Front. Earth Sci., 07 October 2021
Sec. Economic Geology
This article is part of the Research Topic Advances in Multi-scale Multi-physics Geophysical Modelling and Fluid Transport in Unconventional Oil and Gas Reservoir View all 15 articles

Description of Fracture Network of Hydraulic Fracturing Vertical Wells in Unconventional Reservoirs

Jinghua LiuJinghua Liu1Mingjing Lu,Mingjing Lu2,3Guanglong Sheng
Guanglong Sheng1*
  • 1School of Petroleum Engineering, Yangtze University, Wuhan, China
  • 2Petroleum Engineering Technology Research Institute of Shengli Oilfield, Dongying, China
  • 3Postdoctoral Scientific Research Working Station of Shengli Oilfield, Dongying, China

Based on the distribution of complex fractures after volume fracturing in unconventional reservoirs, the fractal theory is used to describe the distribution of volume fracture network in unconventional reservoirs. The method for calculating the fractal parameters of the fracture network is given. The box dimension method is used to analyze a fracturing core, and the fractal dimension is calculated. The fractal index of fracture network in fracturing vertical wells are also firstly calculated by introducing an analysis method. On this basis, the conventional dual-media model and the fractal dual-media model are compared, and the distribution of reservoir permeability and porosity are analyzed. The results show that the fractal porosity/permeability can be used to describe the reservoir physical properties more accurately. At the same time, the flow rate calculating by conventional dual-media model and the fractal dual-media model were calculated and compared. The comparative analysis found that the flow rate calculated by the conventional dual-media model was relatively high in the early stage, but the flow rate was not much different in the later stage. The research results provide certain guiding significance for the description of fracture network of volume fracturing vertical well in unconventional reservoirs.

Introduction

Unconventional reservoirs in the world are rich in resources, and have poorly reservoir porosity/permeability (Song et al., 2018; Wang et al., 2019; Chen et al., 2020). It is necessary to adopt stimulation enhancement measures to improve the physical properties in order to achieve economic development (Li et al., 2015). Considering the distribution of natural fractures in unconventional reservoirs, through technologies such as optimized displacement and low liquid viscosity, the net pressure in the fracture during volume fracturing is achieved, and the fracture opening conditions are achieved (Zhang et al., 2021). So as to extend along the wall of the main fracture and communicate with multi-scale secondary fractures, then the complex fracture network is finally formed in the formation (Manchanda et al., 2020; Qi et al., 2020; Sheng et al., 2020).

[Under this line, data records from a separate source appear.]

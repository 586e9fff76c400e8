// What every call returns over the boundary: the rules' numbers.
ghost use Rattle.std.specs.Prelude.{◌≡◌};
ghost use Rattle.boundary.specs.Answers.{told, accepted, refused, plain_numbers};

use tables::numbers::Refusal;

/// The number with its place, and two values that an accepted call also returns: 0 each on a refusal.
#[repr(C)]
#[derive(Clone, Copy)]
pub struct Answer {
    pub number: u32,
    pub place: usize,
    pub first: usize,
    pub second: usize,
}

/// An accepted call, with what is also returned.
#[tactic(auto, unfolding(crate::specs::Answers::accepted))]
pub fn accepted(first: usize, second: usize) -> Answer
    ensures { result ≡ accepted first second }
{
    Answer {
        number: 0,
        place: 0,
        first,
        second,
    }
}

/// A refusal.
#[tactic(auto, unfolding(crate::specs::Answers::refused))]
pub fn refused(why: Refusal) -> Answer
    ensures { result ≡ refused why }
{
    Answer {
        number: why.number(),
        place: why.place(),
        first: 0,
        second: 0,
    }
}

/// A call that returns nothing beside the number and the place.
#[tactic(auto, unfolding(crate::specs::Answers::told, crate::specs::Answers::plain_numbers, crate::specs::Answers::accepted, crate::specs::Answers::refused, rules::specs::Calls::numbers, rules::specs::Calls::returned))]
pub fn nothing_else(answer: Result<(), Refusal>) -> Answer
    ensures { result ≡ told (plain_numbers answer) }
{
    match answer {
        Ok(()) => accepted(0, 0),
        Err(why) => refused(why),
    }
}
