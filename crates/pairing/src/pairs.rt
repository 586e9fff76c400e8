// Pairs: two clauses of two literals, the one of the other's opposites, say that the sides of either are opposites.
ghost use Rattle.std.specs.Prelude.{◌≡◌, ◌<◌, ◌≤◌, map, length, eqb, not};
ghost use Rattle.std.specs.List.{All, fold, list_any};
ghost use Rattle.tables.specs.Sizes.{most_entries};
ghost use Rattle.tables.specs.Literal.{literal, var};
ghost use Rattle.tables.specs.Clause.{clauses};
ghost use Rattle.rules.specs.Pairs.{pairs, torn, join};
ghost use Rattle.pairing.specs.Pairs.{found};

use crate::pair_chains::PairIndex;
use crate::stands::Stands;
use tables::literal::literal;
use tables::rows::clauses_of;
use tables::sizes::{LITERAL_NUMBERS, MOST_ENTRIES};

/// What a round's search for pairs comes to.
#[derive(Clone, Copy, Debug, PartialEq, Eq)]
pub enum Pairs {
    /// No clause has its opposite in the table.
    NoPair,
    /// A literal would equal its opposite.
    Torn,
    /// Each variable stands for the literal of the lowest variable of its class.
    Joined,
}

/// Whether the sides of a pair, which are opposites, stand for one literal.
#[tactic(auto, using(crate::proofs::StandSteps::two_sides), unfolding(rules::specs::Pairs::torn))]
fn is_torn(stands: &Stands, clause: &[i32]) -> bool
    requires { length clause.now ≡ 2 }
    ensures { result ≡ torn stands.now.row.now (map literal clause.now) }
{
    stands.replacement(literal(clause[0])) == stands.replacement(literal(clause[1]))
}

/// Joins each pair of the row: whether there is one.
fn join_each(index: &PairIndex, stands: &mut Stands) -> bool
    requires inside { All (λ e. var (literal e) < length stands.old.row.now) index.now.row.now }
    ensures leaders { stands.new.row.now ≡ fold join stands.old.row.now (pairs (clauses index.now.row.now)) }
    ensures any { result ≡ not (eqb (length (pairs (clauses index.now.row.now))) 0) }
{
    let mut any = false;
    for clause in clauses_of(index.row) {
        if index.is_pair(clause) {
            stands.join(clause);
            any = true;
        }
    }
    any
}

/// Whether a pair of the row is torn.
fn any_torn(index: &PairIndex, stands: &Stands) -> bool
    ensures { result ≡ list_any (torn stands.now.row.now) (pairs (clauses index.now.row.now)) }
{
    clauses_of(index.row).any(|clause| index.is_pair(clause) && is_torn(stands, clause))
}

/// Joins the pairs of a row: each variable then stands for the literal of the lowest variable of its class.
pub fn join_pairs(row: &[i32], stands: &mut Stands) -> Pairs
    requires inside { All (λ e. var (literal e) < length stands.old.row.now) row.now }
    requires short { length row.now ≤ most_entries }
    ensures leaders { stands.new.row.now ≡ fold join stands.old.row.now (pairs (clauses row.now)) }
    ensures found { result ≡ found stands.new.row.now (pairs (clauses row.now)) }
{
    let mut head = [0; LITERAL_NUMBERS];
    let mut next = [0; MOST_ENTRIES];
    let index = PairIndex::new(row, &mut head, &mut next);
    if !join_each(&index, stands) {
        return Pairs::NoPair;
    }
    if any_torn(&index, stands) {
        Pairs::Torn
    } else {
        Pairs::Joined
    }
}
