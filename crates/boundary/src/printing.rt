// What the build program prints.
ghost use Rattle.std.specs.Prelude.{◌≡◌, ◌≢◌, ◌≤◌, length, take};
ghost use Rattle.tables.specs.Sizes.{most_bytes};
ghost use Rattle.tables.specs.declared.numbers.Refusal.TheVariants.{ShortBuffer};
ghost use Rattle.rules.specs.Program.{program};
ghost use Rattle.boundary.specs.Answers.{accepted, refused};

use crate::answer::{Answer, accepted, refused};
use builder::program::answer;
use tables::numbers::Refusal;
use tables::sizes::MOST_BYTES;

/// Prints the build program's answer to a text into a lent buffer, which has to be of the program's size; also returns the
/// bytes. A buffer of another size is refused, and left as it was found.
#[tactic(auto, unfolding(crate::specs::Answers::accepted, crate::specs::Answers::refused))]
#[unsafe(no_mangle)]
pub extern "C" fn choptimber_program(text: &[u8], out: &mut [u8]) -> Answer
    ensures is { length out.old ≡ most_bytes → (result.number ≡ 0) × (take result.first out.new ≡ program text.now) }
    ensures told { length out.old ≡ most_bytes → (result ≡ accepted result.first 0) × (result.first ≤ length out.new) }
    ensures refused { length out.old ≢ most_bytes → (result ≡ refused (ShortBuffer most_bytes)) × (out.new ≡ out.old) }
    ensures sized { result.number ≡ 0 → length out.old ≡ most_bytes }
{
    if out.len() != MOST_BYTES {
        return refused(Refusal::ShortBuffer(MOST_BYTES));
    }
    let bytes = answer(text, out);
    accepted(bytes, 0)
}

Scholars have studied the distribution of fracture network of volume fracturing from many aspects. Cheng et al. used the discrete fracture network model and line network model to characterize the complex fracture network of volume fracturing in shale reservoirs, and obtained the fracture network geometry parameter (Cheng et al., 2013). Wang et al. used numerical simulation to study the factors affecting the productivity of volume fracturing vertical wells, and the results showed that the complex fracture network formed after volume fracturing in tight reservoirs can greatly increase the productivity (Wang et al., 2013). Li et al. used dual-media numerical simulation to simulate the fracture network from volume fracturing and optimize the parameters of fracture network (Li, 2020). They believed that the dual-media simulation method can accurately describe the complex fracture network composed of native natural fractures and artificial hydraulic fractures. The dual-media simulation method can also reflect the flow characteristics within fracture network and matrix after volume fracturing. Based on the characteristics of complex fracture network and flow mechanism of volume fracturing in tight reservoirs, Su et al. proposed a coupled dual-media composite flow model considering the limited stimulated reservoir volume, and optimized the parameters of fracture network (Su et al., 2014).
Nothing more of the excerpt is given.